As diferentes sociedades têm diferentes formas de reprimir e banir o mal existente no seu seio. Apesar de o mandamento ser contra o assassinato, Deus permitira à comunidade israelita, especialmente às autoridades máximas, proferir uma sentença de morte para os que cometiam alguns tipos de crimes ou pecados. Paulo falou sobre a autoridade que Deus dava aos dirigentes públicos para administrarem tais execuções de juízo (Romanos 13:3-4). O mandamento “não matarás” era aplicado a todos os homens individualmente, enquanto as ordenanças de execução eram dadas coletivamente. A regularização da pena de morte não autoriza a arbitrariedade homicida de um indivíduo. Mesmo atualmente, nas sociedades modernas onde é regularizada a pena de morte, acontece assim. Não é uma pessoa que decide a morte da outra, para alimentar os seus sentimentos maus. É o sistema que determina a morte do criminoso, com dor no coração por precisar fazer o que se deve ser feito. Não é vingança, e sim, o trabalho de um sistema judicial. Em tal sistema, as pessoas da parte inocente e ofendida não têm o poder de decidir nada em relação ao condenado. Quem decide é a lei. E essa moldura de execução protege a própria pessoa de praticar os problemas que estão por trás do sexto mandamento.
Você e eu, como pessoas físicas, não temos como decidir sobre os modelos judiciários a serem adotados ou não na sociedade em que estamos inseridos. Mas como indivíduos, podemos entender que o sexto mandamento preocupa-se com a possibilidade de haver ódio em nosso coração, se nós desejarmos que a vida do próximo seja arruinada.
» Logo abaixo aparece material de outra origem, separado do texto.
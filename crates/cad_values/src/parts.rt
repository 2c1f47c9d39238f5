// What stands in a value, at any depth. Each walk goes as deep as the value is high.
ghost use Rattle.std.specs.Prelude.{◌≡◌, ◌&&◌, map};
ghost use Rattle.cad_values.specs.Forms as spec;
ghost use Rattle.cad_values.specs.Values.{pure_value, pure_field, pure_entry, values_of, entries_of, fields_of};

use crate::value::{CompositeField, DictionaryEntry, Value};

/// Whether no reference stands in a value.
#[cycle(lasting)]
pub fn has_no_reference(value: &Value) -> bool
    ensures { result ≡ spec.has_no_reference (pure_value value.now) }
{
    match value {
        Value::Some(content) => has_no_reference(content),
        Value::Array { values, .. } => none_in_values(values.as_slice()),
        Value::Dictionary { entries, .. } => none_in_entries(entries.as_slice()),
        Value::Composite { fields, .. } => none_in_fields(fields.as_slice()),
        Value::Reference(_) => false,
        _ => true,
    }
}

#[cycle(lasting)]
fn none_in_values(values: &[Value]) -> bool
    ensures { result ≡ spec.all_values spec.is_plain_lasting (values_of (map pure_value values.now)) }
{
    for value in values {
        if !has_no_reference(value) {
            return false;
        }
    }
    true
}

#[cycle(lasting)]
fn none_in_entry(entry: &DictionaryEntry) -> bool
    ensures { result ≡ (spec.has_no_reference (pure_entry entry.now).key && spec.has_no_reference (pure_entry entry.now).value) }
{
    has_no_reference(&entry.key) && has_no_reference(&entry.value)
}

#[cycle(lasting)]
fn none_in_entries(entries: &[DictionaryEntry]) -> bool
    ensures { result ≡ spec.all_entries spec.is_plain_lasting (entries_of (map pure_entry entries.now)) }
{
    for entry in entries {
        if !none_in_entry(entry) {
            return false;
        }
    }
    true
}

#[cycle(lasting)]
fn none_in_fields(fields: &[CompositeField]) -> bool
    ensures { result ≡ spec.all_fields spec.is_plain_lasting (fields_of (map pure_field fields.now)) }
{
    for field in fields {
        if !has_no_reference(&field.value) {
            return false;
        }
    }
    true
}
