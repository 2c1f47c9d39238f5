// Optionals in hand.
ghost use Rattle.std.specs.Prelude.{◌≡◌, option_map};
ghost use Rattle.cad_evaluation.specs.Changing as changing;
ghost use Rattle.cad_evaluation.specs.Uses as uses;
ghost use Rattle.cad_outcomes.specs.Outcomes.{Gives};
ghost use Rattle.cad_rows.specs.Views.{pure_shape, pure_tree};
ghost use Rattle.cad_syntax.specs.Types.{pure_type};
ghost use Rattle.cad_value_operations.specs.Code.Optionals as code;
ghost use Rattle.cad_value_operations.specs.Optionals as spec;
ghost use Rattle.cad_values.specs.Values.{pure_value};
ghost use Rattle.cad_world.specs.State.{give};
ghost use Rattle.cad_world.specs.Transfers.{rounded};
ghost use Rattle.cad_world.specs.Trees.{wrapped};

use crate::leaves::{optionals, shape};
use cad_operators::bool_tree;
use cad_outcomes::{RunError, Stop};
use cad_rows::{Shape, Tree, discard_tree};
use cad_syntax::CadType;
use cad_values::Value;
use std::alloc::Global;

/// What is in an optional.
enum Content {
    Nil,
    Inside(Tree),
    /// The value is no optional.
    NoOptional,
}

/// Whether a value is nil.
fn is_nil_value(value: &Value) -> bool
    ensures { result ≡ code.is_nil_value (pure_value value.now) }
{
    matches!(value, Value::Nil)
}

/// Whether a shape is that of nil.
fn is_nil(shape: &Shape) -> bool
    ensures { result ≡ code.is_nil (pure_shape shape.now) }
{
    match shape {
        Shape::Plain(value) => is_nil_value(value),
        _ => false,
    }
}

/// A value in as many optionals as are told.
fn in_optionals(tree: Tree, count: u64) -> Tree
    ensures { pure_tree result ≡ code.in_optionals (pure_tree tree) count }
{
    let Tree {
        optionals: _,
        shape,
        parts,
    } = tree;
    Tree {
        optionals: count,
        shape,
        parts,
    }
}

/// What is in an optional.
#[tactic(auto, using(crate::proofs::OptionalLaws::content_inside, crate::proofs::OptionalLaws::content_nil, crate::proofs::OptionalLaws::content_not))]
fn content_of(tree: Tree) -> Content
    ensures { code.content_of result ≡ changing.content_of (pure_tree tree) }
{
    let count = optionals(&tree);
    if count != 0 {
        return Content::Inside(in_optionals(tree, count - 1));
    }
    let there = is_nil(shape(&tree));
    discard_tree(tree);
    if there {
        Content::Nil
    } else {
        Content::NoOptional
    }
}

/// The content of an optional; ForceNil of nil, IllTyped of what is no optional.
pub fn force(tree: Tree) -> Result<Tree, Stop>
    ensures { Gives pure_tree (uses.forced (pure_tree tree)) result }
{
    match content_of(tree) {
        Content::Inside(inside) => Ok(inside),
        Content::Nil => Err(Stop::Failed(RunError::ForceNil)),
        Content::NoOptional => Err(Stop::IllTyped),
    }
}

/// The content of an optional, none of nil; IllTyped of what is no optional.
pub fn open(tree: Tree) -> Result<Option<Tree>, Stop>
    ensures { Gives (λ o. option_map (λ t. pure_tree t) o) (spec.content_or_none (pure_tree tree)) result }
{
    match content_of(tree) {
        Content::Inside(inside) => Ok(Some(inside)),
        Content::Nil => Ok(None),
        Content::NoOptional => Err(Stop::IllTyped),
    }
}

/// Whether an optional is nil; none of what is no optional.
#[tactic(auto, using(crate::proofs::OptionalLaws::told_inside, crate::proofs::OptionalLaws::told_nil, crate::proofs::OptionalLaws::told_not))]
fn nil_in(tree: &Tree) -> Option<bool>
    ensures { result ≡ code.nil_in (changing.content_of (pure_tree tree.now)) }
{
    if optionals(tree) != 0 {
        return Some(false);
    }
    if is_nil(shape(tree)) {
        Some(true)
    } else {
        None
    }
}

/// What the first operand of `??` gives: the content of an optional or, where it isn't taken, the optional itself, none of nil;
/// IllTyped of what is no optional.
pub fn coalesce(takes: bool, tree: Tree) -> Result<Option<Tree>, Stop>
    ensures { Gives (λ o. option_map (λ t. pure_tree t) o) (spec.left_or_none takes (pure_tree tree)) result }
{
    if takes {
        return open(tree);
    }
    match nil_in(&tree) {
        Some(false) => Ok(Some(tree)),
        Some(true) => {
            discard_tree(tree);
            Ok(None)
        }
        None => {
            discard_tree(tree);
            Err(Stop::IllTyped)
        }
    }
}

/// Whether an optional is nil or, where that is negated, whether it isn't; IllTyped of what is no optional.
pub fn tell_nil(alloc: Global, negated: bool, tree: &Tree) -> Result<Tree, Stop>
    ensures { Gives pure_tree (uses.nil_told negated (pure_tree tree.now)) result }
{
    match nil_in(tree) {
        Some(is) => Ok(bool_tree(alloc, is != negated)),
        None => Err(Stop::IllTyped),
    }
}

/// A value with the optionals of a type round it, and no more.
pub fn round(declared: &CadType, tree: Tree) -> Result<Tree, Stop>
    ensures { Gives pure_tree (give (rounded (pure_type declared.now) (pure_tree tree))) result }
{
    let mut own = tree;
    match cad_rows::round(&mut own, declared) {
        Ok(()) => Ok(own),
        Err(_) => {
            discard_tree(own);
            Err(Stop::Memory)
        }
    }
}

/// A value in one optional more.
pub fn wrap(tree: Tree) -> Result<Tree, Stop>
    ensures { Gives pure_tree (give (wrapped (pure_tree tree))) result }
{
    match optionals(&tree).checked_add(1) {
        Some(more) => Ok(in_optionals(tree, more)),
        None => {
            discard_tree(tree);
            Err(Stop::Memory)
        }
    }
}
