// What the results of built-in members cost.
ghost use Rattle.std.specs.Prelude.{◌≡◌, ◌+◌, ◌-◌, IfOk};
ghost use Rattle.cad_outcomes.specs.Outcomes.{no_value};
ghost use Rattle.cad_rows.specs.Views.{pure_tree};
ghost use Rattle.cad_state.specs.Views.{CarriesOut};
ghost use Rattle.cad_value_operations.specs.Code.Members as spec;
ghost use Rattle.cad_world.specs.Trees.{tree_weight};

use cad_outcomes::Stop;
use cad_rows::{Tree, discard_tree, tree_weight};
use cad_state::RunState;
use std::alloc::AllocError;

/// A result costs a unit for each part of it but the first, and as many more.
pub fn pay(state: &mut RunState, more: u64, tree: Tree) -> Result<Tree, Stop>
    ensures { CarriesOut pure_tree (spec.paid more (pure_tree tree)) state.old state.new result }
{
    match charge(state, more, &tree) {
        Ok(()) => Ok(tree),
        Err(stop) => {
            discard_tree(tree);
            Err(stop)
        }
    }
}

/// The parts of a value but the first.
pub(crate) fn parts_of(tree: &Tree) -> Result<u64, AllocError>
    ensures { IfOk result (λ n. n ≡ tree_weight (pure_tree tree.now) - 1) }
{
    let weight = tree_weight(tree);
    if weight == u64::MAX {
        return Err(AllocError);
    }
    Ok(weight.saturating_sub(1))
}

/// A sum, which has room in memory.
pub(crate) fn sum(a: u64, b: u64) -> Result<u64, AllocError>
    ensures { IfOk result (λ n. n ≡ a + b) }
{
    match a.checked_add(b) {
        Some(n) => Ok(n),
        None => Err(AllocError),
    }
}

/// The units of a result.
fn cost(more: u64, tree: &Tree) -> Result<u64, AllocError>
    ensures { IfOk result (λ n. n ≡ (tree_weight (pure_tree tree.now) - 1) + more) }
{
    let parts = parts_of(tree)?;
    sum(parts, more)
}

/// A result is paid.
fn charge(state: &mut RunState, more: u64, tree: &Tree) -> Result<(), Stop>
    ensures { CarriesOut no_value (spec.cost_of more (pure_tree tree.now)) state.old state.new result }
{
    match cost(more, tree) {
        Ok(units) => state.spend(units),
        Err(_) => Err(Stop::Memory),
    }
}
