// Built-in functions, and members of types.
ghost use Rattle.std.specs.Prelude.{◌≡◌, map, option_map};
ghost use Rattle.cad_evaluation.specs.Arguments.{with_argument};
ghost use Rattle.cad_evaluation.specs.Builtins as spec;
ghost use Rattle.cad_evaluation.specs.Containers as containers;
ghost use Rattle.cad_evaluation.specs.Numbers as numbers;
ghost use Rattle.cad_evaluation.specs.Texts as texts;
ghost use Rattle.cad_outcomes.specs.Outcomes.{Gives};
ghost use Rattle.cad_rows.specs.Views.{pure_row, pure_tree};
ghost use Rattle.cad_state.specs.Views.{CarriesOut};
ghost use Rattle.cad_syntax.specs.Types.{pure_type};
ghost use Rattle.cad_types.specs.declared.builtin.Builtin.TheVariants as builtins;
ghost use Rattle.cad_value_operations.specs.Code.Members as code;
ghost use Rattle.cad_world.specs.State.{give};

use crate::arguments::argument;
use crate::charges::pay;
use crate::groups::{Called, called_of};
use crate::homes::any_account;
use cad_making::case_from;
use cad_operators::{converted, greatest, least, plain_tree, truth_in};
use cad_outcomes::{RunError, Stop};
use cad_rows::{Place, Tree, discard_row};
use cad_state::RunState;
use cad_syntax::{CadType, Kind, TypeId};
use cad_text_operators::{address_in, number_read, text_encoded, text_from_bytes};
use cad_types::Builtin;
use cad_values::Value;
use std::alloc::Global;

/// The digits of the bytes that the argument is.
fn encoded(alloc: Global, row: &[Place]) -> Result<Tree, Stop>
    ensures { Gives pure_tree (with_argument (pure_row row.now) texts.text_encoded) result }
{
    match argument(row, 0) {
        Some(tree) => text_encoded(alloc, tree),
        None => Err(Stop::IllTyped),
    }
}

/// The text of the bytes that the argument is.
fn read(alloc: Global, row: &[Place]) -> Result<Tree, Stop>
    ensures { Gives pure_tree (with_argument (pure_row row.now) texts.text_from_bytes) result }
{
    match argument(row, 0) {
        Some(tree) => text_from_bytes(alloc, tree),
        None => Err(Stop::IllTyped),
    }
}

/// The argument as a number of a kind.
fn conversion(alloc: Global, kind: Kind, row: &[Place]) -> Result<Tree, Stop>
    ensures { Gives pure_tree (with_argument (pure_row row.now) (numbers.converted kind)) result }
{
    match argument(row, 0) {
        Some(tree) => converted(alloc, kind, tree),
        None => Err(Stop::IllTyped),
    }
}

/// The number of a kind that the argument writes.
fn parsed(alloc: Global, kind: Kind, row: &[Place]) -> Result<Tree, Stop>
    ensures { Gives pure_tree (with_argument (pure_row row.now) (texts.number_read kind)) result }
{
    match argument(row, 0) {
        Some(tree) => number_read(alloc, kind, tree),
        None => Err(Stop::IllTyped),
    }
}

/// The declared type that a type is.
fn declared_in(t: &CadType) -> Option<&TypeId>
    ensures { option_map (λ id. id.now) result ≡ code.declared_in (pure_type t.now) }
{
    match t {
        CadType::Declared(id) => Some(id),
        _ => None,
    }
}

/// The declared type that the one type argument is.
fn enum_in(types: &[CadType]) -> Option<&TypeId>
    ensures { option_map (λ id. id.now) result ≡ code.enum_in (map (λ t. pure_type t) types.now) }
{
    match types {
        [only] => declared_in(only),
        _ => None,
    }
}

/// The case of an enum with the number that the argument is.
fn case_of(state: &RunState, id: &TypeId, row: &[Place]) -> Result<Tree, Stop>
    ensures { CarriesOut pure_tree (code.case_of id.now (pure_row row.now)) state.now state.now result }
{
    match argument(row, 0) {
        Some(tree) => case_from(state, id, tree),
        None => Err(Stop::IllTyped),
    }
}

/// The case of the enum that the one type argument is.
fn enum_case(state: &RunState, types: &[CadType], row: &[Place]) -> Result<Tree, Stop>
    ensures { CarriesOut pure_tree (spec.type_member builtins.EnumFromRawValue (map (λ t. pure_type t) types.now) (pure_row row.now)) state.now state.now result }
{
    match enum_in(types) {
        Some(id) => case_of(state, id, row),
        None => Err(Stop::IllTyped),
    }
}

/// A member of a type, without its charge; IllTyped of what is none.
fn call_member(
    state: &RunState,
    called: Called,
    types: &[CadType],
    row: &[Place],
) -> Result<Tree, Stop>
    ensures { CarriesOut pure_tree (code.call_member called (map (λ t. pure_type t) types.now) (pure_row row.now)) state.now state.now result }
{
    let alloc = *state.making.allocator();
    match called {
        Called::Encoded => encoded(alloc, row),
        Called::Read => read(alloc, row),
        Called::Converted(kind) => conversion(alloc, kind, row),
        Called::Parsed(kind) => parsed(alloc, kind, row),
        Called::Least(kind) => Ok(least(alloc, kind)),
        Called::Greatest(kind) => Ok(greatest(alloc, kind)),
        Called::Case => enum_case(state, types, row),
        _ => Err(Stop::IllTyped),
    }
}

/// A member of a type, with its charge.
fn paid_call(
    state: &mut RunState,
    called: Called,
    types: &[CadType],
    row: &[Place],
) -> Result<Tree, Stop>
    ensures { CarriesOut pure_tree (spec.paid_for 0 (code.call_member called (map (λ t. pure_type t) types.now) (pure_row row.now))) state.old state.new result }
{
    match call_member(state, called, types, row) {
        Ok(tree) => pay(state, 0, tree),
        Err(stop) => Err(stop),
    }
}

/// The value of what gives none.
fn void_tree(alloc: Global) -> Tree
    ensures { pure_tree result ≡ containers.void_tree }
{
    plain_tree(alloc, Value::Void)
}

/// Assertion where the argument is false.
fn asserted(alloc: Global, row: &[Place]) -> Result<Tree, Stop>
    ensures { Gives pure_tree (spec.asserted (pure_row row.now)) result }
{
    match argument(row, 0) {
        Some(tree) => match truth_in(tree) {
            Some(true) => Ok(void_tree(alloc)),
            Some(false) => Err(Stop::Failed(RunError::Assertion)),
            None => Err(Stop::IllTyped),
        },
        None => Err(Stop::IllTyped),
    }
}

/// A reference without rights to the account with the address that the argument is.
fn account_got(alloc: Global, row: &[Place]) -> Result<Tree, Stop>
    ensures { Gives pure_tree (spec.account_got (pure_row row.now)) result }
{
    match argument(row, 0) {
        Some(tree) => match address_in(tree) {
            Some(address) => Ok(any_account(alloc, address)),
            None => Err(Stop::IllTyped),
        },
        None => Err(Stop::IllTyped),
    }
}

/// A built-in function, or a member of a type.
fn function_of(
    state: &mut RunState,
    called: Called,
    types: &[CadType],
    row: &[Place],
) -> Result<Tree, Stop>
    ensures { CarriesOut pure_tree (code.by_called (map (λ t. pure_type t) types.now) (pure_row row.now) called) state.old state.new result }
{
    match called {
        Called::Panic => Err(Stop::Failed(RunError::Panic)),
        Called::Assert => asserted(*state.making.allocator(), row),
        Called::Log => Ok(void_tree(*state.making.allocator())),
        Called::Account => account_got(*state.making.allocator(), row),
        other => paid_call(state, other, types, row),
    }
}

/// What a built-in function or a member of a type gives, with its charge: Panic and Assertion of the functions of these names,
/// and the errors of the conversion or the text; IllTyped of what is neither, and of arguments that it isn't for.
pub fn function(
    state: &mut RunState,
    builtin: Builtin,
    types: &[CadType],
    arguments: Vec<Place>,
) -> Result<Tree, Stop>
    ensures { CarriesOut pure_tree (spec.function builtin (map (λ t. pure_type t) types.now) (pure_row arguments.items)) state.old state.new result }
{
    let given = function_of(state, called_of(builtin), types, arguments.as_slice());
    discard_row(arguments);
    given
}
Isso fica mais esclarecido no Novo Testamento, quando Jesus, sem dar um posicionamento específico sobre a pena capital, por não estar decidindo nada em nível de sociedade, dirigiu-se a indivíduos e disse que “todo aquele que sem motivo se irar contra seu irmão estará sujeito a julgamento.” Pois não devemos alimentar o ódio nem a vingança no nosso coração. “Ouvistes que foi dito: Olho por olho, dente por dente. Eu, porém, vos digo: não resistais ao perverso; mas, a qualquer que te ferir na face direita, volta-lhe também a outra” (Mateus 5:22, 38-39 - RA).
Um homicídio começa no coração daquele que odeia as pessoas. Deus valoriza a vida e desagrada-se de qualquer indício de raiva, vingança ou rejeição (1 João 3:15).
Portanto, independentemente dos moldes que os nossos tribunais de justiça adotem para banir o mal, como pessoas, podemos decidir pela paz e pelo bem.